Now I know ye did. My gentleman from Cloisterham, I'll be there
before ye, and bide your coming. I've swore my oath that I'll not
miss ye twice!'

Accordingly, that same evening the poor soul stands in Cloisterham
High Street, looking at the many quaint gables of the Nuns' House,
and getting through the time as she best can until nine o'clock; at
which hour she has reason to suppose that the arriving omnibus
passengers may have some interest for her. The friendly darkness,
at that hour, renders it easy for her to ascertain whether this be
so or not; and it is so, for the passenger not to be missed twice
arrives among the rest.

'Now let me see what becomes of you. Go on!'

An observation addressed to the air, and yet it might be addressed
to the passenger, so compliantly does he go on along the High
Street until he comes to an arched gateway, at which he
unexpectedly vanishes. The poor soul quickens her pace; is swift,
and close upon him entering under the gateway; but only sees a
postern staircase on one side of it, and on the other side an
ancient vaulted room, in which a large-headed, gray-haired
gentleman is writing, under the odd circumstances of sitting open
to the thoroughfare and eyeing all who pass, as if he were toll-
taker of the gateway: though the way is free.

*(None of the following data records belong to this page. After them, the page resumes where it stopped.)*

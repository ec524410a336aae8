ghost use Rattle.std.specs.Prelude.{◌≡◌, ℕ, true, false, List, [], ◌+◌, ◌-◌, ◌*◌, ◌<◌, ◌≤◌, IfOk, OnOk, OnErr, length, map, option_map};
ghost use Rattle.std.specs.List.{range_with_len};
ghost use Rattle.zb_types.specs.declared.ids.ServerId.{ServerId};
ghost use Rattle.zb_types.specs.declared.ids.FragId.{FragId};
ghost use Rattle.zb_stripe.specs.Reading.{
  reading,
  read_of,
  start,
  first_lost,
  asked,
  gained,
  two_lost,
  names_two,
  pos_of,
  end_of,
  index_of,
  fed,
  Answers,
  AnswersRetrieve,
  CanRead,
  BringsBytes,
  MayWant,
  lacks_bytes,
  is_gone,
  NamesLost,
};

use crate::progress::{Phase, Progress, ask, blocked, enter, gather, is_lost, range};
use crate::source::Source;
use crate::write_plan::is_out;
use std::alloc::Global;
use std::marker::Model;
use zb_layout::server_of;
use zb_types::{
    ByteList, FragId, Geometry, Mem, NoMemory, Ptr, Request, Response, ServerId, StoreFault,
};

/// What an answer makes of a read.
#[derive(Drop)]
pub enum Got {
    /// Another request stands.
    More,
    /// The bytes of the pointer.
    Bytes(ByteList),
    /// Two servers, the lesser number first, are left away, down or blank, and the bytes can't be read without both.
    Unreachable { a: ServerId, b: ServerId },
    /// A fragment isn't there or is too short.
    Gone,
    /// A server has a fence at generation `now`.
    Old { now: u64 },
}

/// The requests that read the bytes of a pointer, range by range. Contracts see how far it has come.
#[derive(Drop)]
pub struct ReadPlan {
    source: Source,
    lost: Vec<bool>,
    progress: Progress,
    request: Option<(ServerId, Request)>,
}

impl Model for ReadPlan {
    ghost use Rattle.std.specs.Prelude.{◌≡◌, length};
    ghost use Rattle.zb_stripe.specs.Reading.{Reading, read_of, asked, IsSound, OwnIsLost};

    ghost Value = { Reading };

    ghost view = { λ a. read_of a.source a.lost.items a.progress };

    ghost invariant = { λ a. (a.request ≡ asked (read_of a.source a.lost.items a.progress))
        × IsSound (read_of a.source a.lost.items a.progress)
        × OwnIsLost (read_of a.source a.lost.items a.progress) a.progress.phase
        × (length a.lost.items ≡ a.source.geo.servers) };
}

/// For each index of a pointer's stripe, whether its server is left away.
fn out_indexes(alloc: Global, geo: &Geometry, ptr: &Ptr, out: Option<ServerId>) -> Mem<Vec<bool>>
    ensures exact { IfOk result (λ lost. lost.items ≡ first_lost geo.now.servers ptr.now out) }
    ensures count { IfOk result (λ lost. length lost.items ≡ geo.now.servers) }
{
    let mut lost = Vec::new(alloc);
    for index in 0..geo.servers as u8 {
        let id = FragId {
            log: ptr.log,
            stripe: ptr.stripe,
            index,
        };
        lost.push(is_out(out, server_of(geo, id)))?;
    }
    Ok(lost)
}

/// The two servers of the next range and of fragment `k` of its stripe.
fn two_lost(source: &Source, read: &ByteList, k: u8) -> Got
    requires below { length read.now ≤ source.now.ptr.len }
    ensures { result ≡ two_lost (reading source.now [] read.now) k }
{
    let own = server_of(&source.geo, source.fragment(range(source, read).index));
    let other = server_of(&source.geo, source.fragment(k));
    if own.0 < other.0 {
        Got::Unreachable { a: own, b: other }
    } else {
        Got::Unreachable { a: other, b: own }
    }
}

/// Whether a read has all bytes.
fn gain(alloc: Global, ptr: &Ptr, read: &ByteList) -> Mem<Got>
    requires below { length read.now ≤ ptr.now.len }
    ensures more { IfOk result (λ got. length read.now < ptr.now.len → got ≡ Got.More) }
    ensures bytes { IfOk result (λ got. ptr.now.len ≤ length read.now → got ≡ Got.Bytes read.now) }
{
    if read.len() == ptr.len as usize {
        Ok(Got::Bytes(read.copy(alloc)?))
    } else {
        Ok(Got::More)
    }
}

/// Whether a fault may refuse a retrieve.
fn may_refuse(fault: &StoreFault) -> bool
    ensures fits { (servers : ℕ) (id : FragId) (len : ℕ)
        → result ≡ true → AnswersRetrieve servers id len (Response.Refused fault.now) }
    ensures differs { (servers : ℕ) (id : FragId) (len : ℕ)
        → result ≡ false → ¬ (AnswersRetrieve servers id len (Response.Refused fault.now)) }
{
    match fault {
        StoreFault::NoFragment
        | StoreFault::Short { .. }
        | StoreFault::OldGeneration { .. }
        | StoreFault::NoMemory => true,
        _ => false,
    }
}

/// Whether this may answer a retrieve of `len` bytes of a fragment, placed among so many servers.
fn may_answer(servers: u32, id: FragId, len: u32, response: &Response) -> bool
    requires { 0 < servers }
    ensures fits { result ≡ true → AnswersRetrieve servers id len response.now }
    ensures differs { result ≡ false → ¬ (AnswersRetrieve servers id len response.now) }
{
    let of_parity = u32::from(id.index) == servers - 1;
    match response {
        Response::Bytes(bytes) => !of_parity && bytes.len() == len as usize,
        Response::Parity { lengths, bytes } => {
            of_parity && lengths.len() == (servers - 1) as usize && bytes.len() == len as usize
        }
        Response::Refused(fault) => may_refuse(fault),
        Response::Down | Response::Blank => true,
        Response::Done | Response::Ids(_) => false,
    }
}

impl ReadPlan {
    /// Each range of the pointer, in order: from its server; where that is left away, down or blank, from the parity
    /// for the same range and then by index from each other share that the parity covers into the range. `out` is the
    /// server that is left away.
    pub fn new(alloc: Global, geo: &Geometry, ptr: &Ptr, out: Option<ServerId>) -> Mem<ReadPlan>
        requires { ptr.now.offset + ptr.now.len ≤ (geo.now.servers - 1) * geo.now.fragment }
        ensures { IfOk result (λ plan. plan ≡ start geo.now.servers geo.now.fragment ptr.now out) }
    {
        let source = Source {
            geo: *geo,
            ptr: *ptr,
        };
        let lost = out_indexes(alloc, geo, ptr, out)?;
        let progress = enter(&source, &lost, ByteList::new(alloc)?);
        let request = ask(&source, &progress);
        Ok(ReadPlan {
            source,
            lost,
            progress,
            request,
        })
    }

    /// The same read once more, so that it may be fed and given up for want of memory.
    pub fn copy(&self, alloc: Global) -> Mem<ReadPlan>
        ensures { IfOk result (λ plan. plan ≡ self.now) }
    {
        let lost = Vec::from_slice(alloc, &self.lost)?;
        let progress = self.progress.copy(alloc)?;
        let request = ask(&self.source, &progress);
        Ok(ReadPlan {
            source: self.source,
            lost,
            progress,
            request,
        })
    }

    /// The request that stands, with the server that it goes to. None where the bytes are there.
    pub fn next(&self) -> Option<(ServerId, &Request)>
        ensures { option_map (λ p. (p.0, p.1.now)) result ≡ asked self.now }
    {
        match &self.request {
            Some((server, request)) => Some((*server, request)),
            None => None,
        }
    }

    /// The server that was asked doesn't answer.
    fn lose(&mut self) -> Got
        requires { pos_of self.old < end_of self.old }
        ensures new { self.new ≡ (fed self.old Response.Down).0 }
        ensures got { result ≡ (fed self.old Response.Down).1 }
        ensures servers { self.new.servers ≡ self.old.servers }
        ensures fragment { self.new.fragment ≡ self.old.fragment }
        ensures ptr { self.new.ptr ≡ self.old.ptr }
    {
        let parity = self.source.parity();
        match &self.progress.phase {
            Phase::Lengths => two_lost(&self.source, &self.progress.read, parity),
            Phase::Others { index, .. } => two_lost(&self.source, &self.progress.read, *index),
            Phase::Direct => {
                if is_lost(&self.lost, parity) {
                    return two_lost(&self.source, &self.progress.read, parity);
                }
                let own = range(&self.source, &self.progress.read).index;
                self.lost[usize::from(own)] = true;
                self.progress.phase = Phase::Lengths;
                self.request = ask(&self.source, &self.progress);
                Got::More
            }
        }
    }

    /// Takes bytes, or a parity.
    fn take(&mut self, alloc: Global, response: &Response) -> Mem<Got>
        requires can { CanRead self.old response.now }
        requires brings { BringsBytes response.now }
        ensures ok { OnOk result (self.new ≡ (fed self.old response.now).0) }
        ensures got { IfOk result (λ got. got ≡ (fed self.old response.now).1) }
        ensures err { OnErr result (self.new ≡ self.old) }
        ensures servers { self.new.servers ≡ self.old.servers }
        ensures fragment { self.new.fragment ≡ self.old.fragment }
        ensures ptr { self.new.ptr ≡ self.old.ptr }
    {
        let progress = gather(alloc, &self.source, &self.lost, &self.progress, response)?;
        if let Some(k) = blocked(&self.source, &self.lost, &progress) {
            return Ok(two_lost(&self.source, &progress.read, k));
        }
        let got = gain(alloc, &self.source.ptr, &progress.read)?;
        self.request = ask(&self.source, &progress);
        self.progress = progress;
        Ok(got)
    }

    /// Takes any answer.
    fn hear(&mut self, alloc: Global, response: &Response) -> Mem<Got>
        requires { CanRead self.old response.now }
        ensures ok { OnOk result (self.new ≡ (fed self.old response.now).0) }
        ensures got { IfOk result (λ got. got ≡ (fed self.old response.now).1) }
        ensures err { OnErr result (self.new ≡ self.old) }
        ensures cause { OnErr result (MayWant response.now) }
        ensures servers { self.new.servers ≡ self.old.servers }
        ensures fragment { self.new.fragment ≡ self.old.fragment }
        ensures ptr { self.new.ptr ≡ self.old.ptr }
    {
        match response {
            Response::Bytes(_) | Response::Parity { .. } => self.take(alloc, response),
            Response::Refused(StoreFault::NoMemory) => Err(NoMemory),
            Response::Refused(StoreFault::OldGeneration { now }) => Ok(Got::Old { now: *now }),
            Response::Down | Response::Blank => Ok(self.lose()),
            _ => Ok(Got::Gone),
        }
    }

    /// Whether this may answer the request that stands. A server whose disk tells nothing may answer anything, so who
    /// asks one looks first.
    pub fn fits(&self, response: &Response) -> bool
        ensures fits { result ≡ true → Answers self.now.servers (asked self.now) response.now }
        ensures differs { result ≡ false → ¬ (Answers self.now.servers (asked self.now) response.now) }
    {
        match self.next() {
            Some((_, Request::Retrieve { id, len, .. })) => {
                may_answer(self.source.geo.servers, *id, *len, response)
            }
            _ => false,
        }
    }

    /// Takes the answer to the request that stands. After an answer that ends the read short of its bytes the plan is
    /// as before.
    pub fn feed(&mut self, alloc: Global, response: &Response) -> Mem<Got>
        requires { Answers self.old.servers (asked self.old) response.now }
        ensures ok { OnOk result (self.new ≡ (fed self.old response.now).0) }
        ensures got { IfOk result (λ got. got ≡ (fed self.old response.now).1) }

        // Unreachable names two different servers, each of which was left away, or was answered down or blank, by now.
        ensures two { IfOk result (NamesLost self.old (asked self.old) response.now) }

        // Gone comes exactly where the bytes aren't there.
        ensures gone { IfOk result (λ got. is_gone got ≡ lacks_bytes response.now) }
        ensures err { OnErr result (self.new ≡ self.old) }

        // Memory is wanted for bytes alone, or was by the server.
        ensures cause { OnErr result (MayWant response.now) }
        ensures servers { self.new.servers ≡ self.old.servers }
        ensures fragment { self.new.fragment ≡ self.old.fragment }
        ensures ptr { self.new.ptr ≡ self.old.ptr }
    {
        // Names a field, so that what holds of the plan's fields is known here.
        let _ = &self.source;
        self.hear(alloc, response)
    }
}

'Halloa!' he cries in a low voice, seeing her brought to a stand-
still: 'who are you looking for?'

'There was a gentleman passed in here this minute, sir.'

'Of course there was. What do you want with him?'

'Where do he live, deary?'

'Live? Up that staircase.'

'Bless ye! Whisper. What's his name, deary?'

'Surname Jasper, Christian name John. Mr. John Jasper.'

'Has he a calling, good gentleman?'

'Calling? Yes. Sings in the choir.'

'In the spire?'


'What's that?'

Mr. Datchery rises from his papers, and comes to his doorstep. 'Do
you know what a cathedral is?' he asks, jocosely.

The woman nods.

'What is it?'

She looks puzzled, casting about in her mind to find a definition,
when it occurs to her that it is easier to point out the
substantial object itself, massive against the dark-blue sky and
the early stars.

'That's the answer. Go in there at seven to-morrow morning, and
you may see Mr. John Jasper, and hear him too.'

'Thank ye! Thank ye!'

The burst of triumph in which she thanks him does not escape the
notice of the single buffer of an easy temper living idly on his
means. He glances at her; clasps his hands behind him, as the wont
of such buffers is; and lounges along the echoing Precincts at her

'Or,' he suggests, with a backward hitch of his head, 'you can go
up at once to Mr. Jasper's rooms there.'

The woman eyes him with a cunning smile, and shakes her head.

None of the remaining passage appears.